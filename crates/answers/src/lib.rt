// What the exported calls answer where the call inside does not say it itself, and that each has one result. No code.
#![tactic(auto)]
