fn assert_longest_is_read(rt: &impl Abort, schema: &Schema) {
    assert_eq!(rt; read_entry(schema, LONGEST.as_bytes()), Some(LONGEST_ENTRY));
}

/// It has room on the stack: where there is memory, it is added whole.
fn assert_longest_is_appended(rt: &impl Abort, alloc: Global, schema: &Schema) {
    let mut out = Vec::new(alloc);
    append_entry(&mut out, schema, LONGEST_ENTRY).expect(rt, "memory");
    assert!(rt; out.as_slice() == LONGEST.as_bytes());
}

#[test]
fn longest_entry_is_a_line(rt: HostRuntime) {
    texts_are_lines();
    let schema = schema_of(rt.alloc(), LONG_OF_TWO).expect(&rt, "a schema");
    let text = write_entry(rt.alloc(), &schema, LONGEST_ENTRY).expect(&rt, "memory");
    assert_longest(&rt, text.as_str());
    assert_longest_is_read(&rt, &schema);
    assert_longest_is_appended(&rt, rt.alloc(), &schema);
}

/// Lines that no command has.
const NO_COMMANDS: [&str; 6] = [
    "",
    "00 begin",
    "0  begin",
    "65536 begin",
    "0 escrow 0.1 stock -0",
    "0 escrow 0.01 stock 1",
];

#[test]
fn refuses_other_commands(rt: HostRuntime) {
    assert_no_commands(&rt, rt.alloc(), &NO_COMMANDS);
}

/// Lines that no command has.
const NO_FIELDS: [&str; 4] = ["0 read #0", "0 read #65536", "0 read stock ", "0 read sock"];

#[test]
fn refuses_other_fields(rt: HostRuntime) {
    assert_no_commands(&rt, rt.alloc(), &NO_FIELDS);
}

/// Four fields, which are looked at each, and five, which are found in a map: their names are
/// alike.
const FOUR_ALIKE: &str =
    r#"{"sites":1,"fields":[{"name":"b","floor":0,"ceiling":9,"value":5},{"name":"seat_b","floor":0,"ceiling":9,"value":5},{"name":"west_seat_b","floor":0,"ceiling":9,"value":5},{"name":"west_seat_c","floor":0,"ceiling":9,"value":5}]}"#;

const FIVE_ALIKE: &str =
    r#"{"sites":1,"fields":[{"name":"b","floor":0,"ceiling":9,"value":5},{"name":"seat_b","floor":0,"ceiling":9,"value":5},{"name":"west_seat_b","floor":0,"ceiling":9,"value":5},{"name":"west_seat_c","floor":0,"ceiling":9,"value":5},{"name":"c","floor":0,"ceiling":9,"value":5}]}"#;

/// Lines about a field of these names, each with the field's number.
const ALIKE: [(&str, u16); 9] = [
    ("0 read b", 0),
    ("0 read seat_b", 1),
    ("0 read west_seat_b", 2),
    ("0 read west_seat_c", 3),
    ("0 tighten b lower 1", 0),
    ("0 tighten seat_b lower 1", 1),
    ("0 tighten west_seat_b lower 1", 2),
    ("0 tighten west_seat_c lower 1", 3),
    ("0 read #5", 5),
];

/// Lines about no field of these names.
const NOT_ALIKE: [&str; 7] = [
    "0 read ",
    "0 read x",
    "0 read bb",
    "0 read eat_b",
    "0 read seat_b ",
    "0 read east_seat_b",
    "0 tighten  lower 1",
];
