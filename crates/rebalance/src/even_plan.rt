//! The moves that make the shares of the sites even.

ghost use Rattle.std.specs.Prelude.{◌≡◌, ◌^◌, ◌<◌, ◌≤◌, ◌-◌, ◌++◌, ◌∷◌, [], ◌≢◌, List, IfOk, OnOk, OnErr, All, length, sum, vec_len};
ghost use Rattle.rebalance.specs.EvenPlan.{even_plan, even_target, target, IsGift, Reaches, Settles, moved_in_all};
ghost use Rattle.rebalance.specs.declared.even_plan.Move.{Move};

use std::alloc::{AllocError, Global};

/// One gift, in rights, from the site at one index to the site at another.
#[derive(Clone, Copy, Debug, PartialEq, Eq)]
pub struct Move {
    pub from: usize,
    pub to: usize,
    pub amount: u64,
}

/// What the site at index `site` is to hold when `total` is divided among so many sites.
fn target_of(total: u64, sites: usize, site: usize) -> u64
    requires some { 0 < sites }
    requires within { site < sites }
    ensures { result ≡ even_target total sites site }
{
    let sites = sites as u64;
    let rest = total % sites;
    let quotient = total / sites;
    if (site as u64) < rest {
        quotient + 1
    } else {
        quotient
    }
}

/// Adds the move of what lies from `start` to `end` of two rows, if anything does.
fn add_move(
    plan: &mut Vec<Move>,
    from: usize,
    to: usize,
    start: u64,
    end: u64,
) -> Result<(), AllocError>
    ensures some { OnOk result (start < end →
        plan.new.items ≡ plan.old.items ++ record { from = from; to = to; amount = end - start }
        ∷ []) }
    ensures none { OnOk result (end ≤ start → plan.new.items ≡ plan.old.items) }
    ensures err { OnErr result (start < end) }
{
    if start < end {
        let amount = end - start;
        plan.push(Move { from, to, amount })?;
    }
    Ok(())
}

/// The moves that leave each site with its even part of the sum of the shares: the parts differ by
/// at most 1, and the sites that come first have the greater ones. The sum fits `u64`; any number
/// of sites will do, also none.
///
/// The rights above target are laid in one row and the missing ones in another, both in order of
/// site, and each stretch that two sites cover together is one move (`plan`). Carried out one after
/// another, the moves leave each site with its target (`reached`); each carries something from one
/// site to another one (`gifts`), and there are fewer moves than sites (`few`). No moves that reach
/// the targets carry less (`least`), nor do any that settle in another order, where a site may owe
/// in between (`least_settling`). The error is want of memory, and comes only where there is
/// something to move (`err`).
///
/// Costs one pass over the sites, at most two steps for each, and the memory of the moves.
pub fn plan_even(alloc: Global, shares: &[u64]) -> Result<Vec<Move>, AllocError>
    requires sum { sum shares.now < 2 ^ 64 }
    ensures plan { IfOk result (λ plan. plan.items ≡ even_plan shares.now) }
    ensures reached { IfOk result (λ plan. Reaches (target shares.now) shares.now plan.items) }
    ensures gifts { IfOk result (λ plan. All (IsGift (length shares.now)) plan.items) }
    ensures few { IfOk result (λ plan. 0 < length shares.now → vec_len plan < length shares.now) }
    ensures least { IfOk result
        (λ plan. (others : List Move) → Reaches (target shares.now) shares.now others
        → moved_in_all plan.items ≤ moved_in_all others) }
    ensures least_settling { IfOk result
        (λ plan. (others : List Move) → Settles (target shares.now) shares.now others
        → moved_in_all plan.items ≤ moved_in_all others) }
    ensures err { OnErr result (even_plan shares.now ≢ []) }
{
    let sites = shares.len();
    let total: u64 = shares.iter().sum();
    let mut plan = Vec::new(alloc);
    let mut from = 0;
    let mut to = 0;
    let mut above_before = 0;
    let mut missing_before = 0;
    while from < sites {
        let above = shares[from].saturating_sub(target_of(total, sites, from));
        let missing = target_of(total, sites, to).saturating_sub(shares[to]);
        let above_end = above_before + above;
        let missing_end = missing_before + missing;
        let start = above_before.max(missing_before);
        let end = above_end.min(missing_end);
        add_move(&mut plan, from, to, start, end)?;
        if above_end <= missing_end {
            above_before = above_end;
            from += 1;
        } else {
            missing_before = missing_end;
            to += 1;
        }
    }
    Ok(plan)
}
- - - - - - -
I'd like every record written out exactly as given.

ANSWER TO THIS PROBLEM -
filename crates/answers/src/lib.rt
// What the exported calls answer where the call inside does not say it itself, and that each has one result. No code.
#![tactic(auto)]
fn assert_longest_is_read(rt: &impl Abort, schema: &Schema) {
    assert_eq!(rt; read_entry(schema, LONGEST.as_bytes()), Some(LONGEST_ENTRY));
}

/// It has room on the stack: where there is memory, it is added whole.
fn assert_longest_is_appended(rt: &impl Abort, alloc: Global, schema: &Schema) {
    let mut out = Vec::new(alloc);
    append_entry(&mut out, schema, LONGEST_ENTRY).expect(rt, "memory");
    assert!(rt; out.as_slice() == LONGEST.as_bytes());
}

#[test]
fn longest_entry_is_a_line(rt: HostRuntime) {
    texts_are_lines();
    let schema = schema_of(rt.alloc(), LONG_OF_TWO).expect(&rt, "a schema");
    let text = write_entry(rt.alloc(), &schema, LONGEST_ENTRY).expect(&rt, "memory");
    assert_longest(&rt, text.as_str());
    assert_longest_is_read(&rt, &schema);
    assert_longest_is_appended(&rt, rt.alloc(), &schema);
}

/// Lines that no command has.
const NO_COMMANDS: [&str; 6] = [
    "",
    "00 begin",
    "0  begin",
    "65536 begin",
    "0 escrow 0.1 stock -0",
    "0 escrow 0.01 stock 1",
];

#[test]
fn refuses_other_commands(rt: HostRuntime) {
    assert_no_commands(&rt, rt.alloc(), &NO_COMMANDS);
}

/// Lines that no command has.
const NO_FIELDS: [&str; 4] = ["0 read #0", "0 read #65536", "0 read stock ", "0 read sock"];

#[test]
fn refuses_other_fields(rt: HostRuntime) {
    assert_no_commands(&rt, rt.alloc(), &NO_FIELDS);
}

/// Four fields, which are looked at each, and five, which are found in a map: their names are
/// alike.
const FOUR_ALIKE: &str =
    r#"{"sites":1,"fields":[{"name":"b","floor":0,"ceiling":9,"value":5},{"name":"seat_b","floor":0,"ceiling":9,"value":5},{"name":"west_seat_b","floor":0,"ceiling":9,"value":5},{"name":"west_seat_c","floor":0,"ceiling":9,"value":5}]}"#;

const FIVE_ALIKE: &str =
    r#"{"sites":1,"fields":[{"name":"b","floor":0,"ceiling":9,"value":5},{"name":"seat_b","floor":0,"ceiling":9,"value":5},{"name":"west_seat_b","floor":0,"ceiling":9,"value":5},{"name":"west_seat_c","floor":0,"ceiling":9,"value":5},{"name":"c","floor":0,"ceiling":9,"value":5}]}"#;

/// Lines about a field of these names, each with the field's number.
const ALIKE: [(&str, u16); 9] = [
    ("0 read b", 0),
    ("0 read seat_b", 1),
    ("0 read west_seat_b", 2),
    ("0 read west_seat_c", 3),
    ("0 tighten b lower 1", 0),
    ("0 tighten seat_b lower 1", 1),
    ("0 tighten west_seat_b lower 1", 2),
    ("0 tighten west_seat_c lower 1", 3),
    ("0 read #5", 5),
];

/// Lines about no field of these names.
const NOT_ALIKE: [&str; 7] = [
    "0 read ",
    "0 read x",
    "0 read bb",
    "0 read eat_b",
    "0 read seat_b ",
    "0 read east_seat_b",
    "0 tighten  lower 1",
];
filename crates/rebalance/src/even_plan.rt
//! The moves that make the shares of the sites even.

ghost use Rattle.std.specs.Prelude.{◌≡◌, ◌^◌, ◌<◌, ◌≤◌, ◌-◌, ◌++◌, ◌∷◌, [], ◌≢◌, List, IfOk, OnOk, OnErr, All, length, sum, vec_len};
ghost use Rattle.rebalance.specs.EvenPlan.{even_plan, even_target, target, IsGift, Reaches, Settles, moved_in_all};
ghost use Rattle.rebalance.specs.declared.even_plan.Move.{Move};

use std::alloc::{AllocError, Global};

/// One gift, in rights, from the site at one index to the site at another.
#[derive(Clone, Copy, Debug, PartialEq, Eq)]
pub struct Move {
    pub from: usize,
    pub to: usize,
    pub amount: u64,
}

/// What the site at index `site` is to hold when `total` is divided among so many sites.
fn target_of(total: u64, sites: usize, site: usize) -> u64
    requires some { 0 < sites }
    requires within { site < sites }
    ensures { result ≡ even_target total sites site }
{
    let sites = sites as u64;
    let rest = total % sites;
    let quotient = total / sites;
    if (site as u64) < rest {
        quotient + 1
    } else {
        quotient
    }
}

/// Adds the move of what lies from `start` to `end` of two rows, if anything does.
fn add_move(
    plan: &mut Vec<Move>,
    from: usize,
    to: usize,
    start: u64,
    end: u64,
) -> Result<(), AllocError>
    ensures some { OnOk result (start < end →
        plan.new.items ≡ plan.old.items ++ record { from = from; to = to; amount = end - start }
        ∷ []) }
    ensures none { OnOk result (end ≤ start → plan.new.items ≡ plan.old.items) }
    ensures err { OnErr result (start < end) }
{
    if start < end {
        let amount = end - start;
        plan.push(Move { from, to, amount })?;
    }
    Ok(())
}

/// The moves that leave each site with its even part of the sum of the shares: the parts differ by
/// at most 1, and the sites that come first have the greater ones. The sum fits `u64`; any number
/// of sites will do, also none.
///
/// The rights above target are laid in one row and the missing ones in another, both in order of
/// site, and each stretch that two sites cover together is one move (`plan`). Carried out one after
/// another, the moves leave each site with its target (`reached`); each carries something from one
/// site to another one (`gifts`), and there are fewer moves than sites (`few`). No moves that reach
/// the targets carry less (`least`), nor do any that settle in another order, where a site may owe
/// in between (`least_settling`). The error is want of memory, and comes only where there is
/// something to move (`err`).
///
/// Costs one pass over the sites, at most two steps for each, and the memory of the moves.
pub fn plan_even(alloc: Global, shares: &[u64]) -> Result<Vec<Move>, AllocError>
    requires sum { sum shares.now < 2 ^ 64 }
    ensures plan { IfOk result (λ plan. plan.items ≡ even_plan shares.now) }
    ensures reached { IfOk result (λ plan. Reaches (target shares.now) shares.now plan.items) }
    ensures gifts { IfOk result (λ plan. All (IsGift (length shares.now)) plan.items) }
    ensures few { IfOk result (λ plan. 0 < length shares.now → vec_len plan < length shares.now) }
    ensures least { IfOk result
        (λ plan. (others : List Move) → Reaches (target shares.now) shares.now others
        → moved_in_all plan.items ≤ moved_in_all others) }
    ensures least_settling { IfOk result
        (λ plan. (others : List Move) → Settles (target shares.now) shares.now others
        → moved_in_all plan.items ≤ moved_in_all others) }
    ensures err { OnErr result (even_plan shares.now ≢ []) }
{
    let sites = shares.len();
    let total: u64 = shares.iter().sum();
    let mut plan = Vec::new(alloc);
    let mut from = 0;
    let mut to = 0;
    let mut above_before = 0;
    let mut missing_before = 0;
    while from < sites {
        let above = shares[from].saturating_sub(target_of(total, sites, from));
        let missing = target_of(total, sites, to).saturating_sub(shares[to]);
        let above_end = above_before + above;
        let missing_end = missing_before + missing;
        let start = above_before.max(missing_before);
        let end = above_end.min(missing_end);
        add_move(&mut plan, from, to, start, end)?;
        if above_end <= missing_end {
            above_before = above_end;
            from += 1;
        } else {
            missing_before = missing_end;
            to += 1;
        }
    }
    Ok(plan)
}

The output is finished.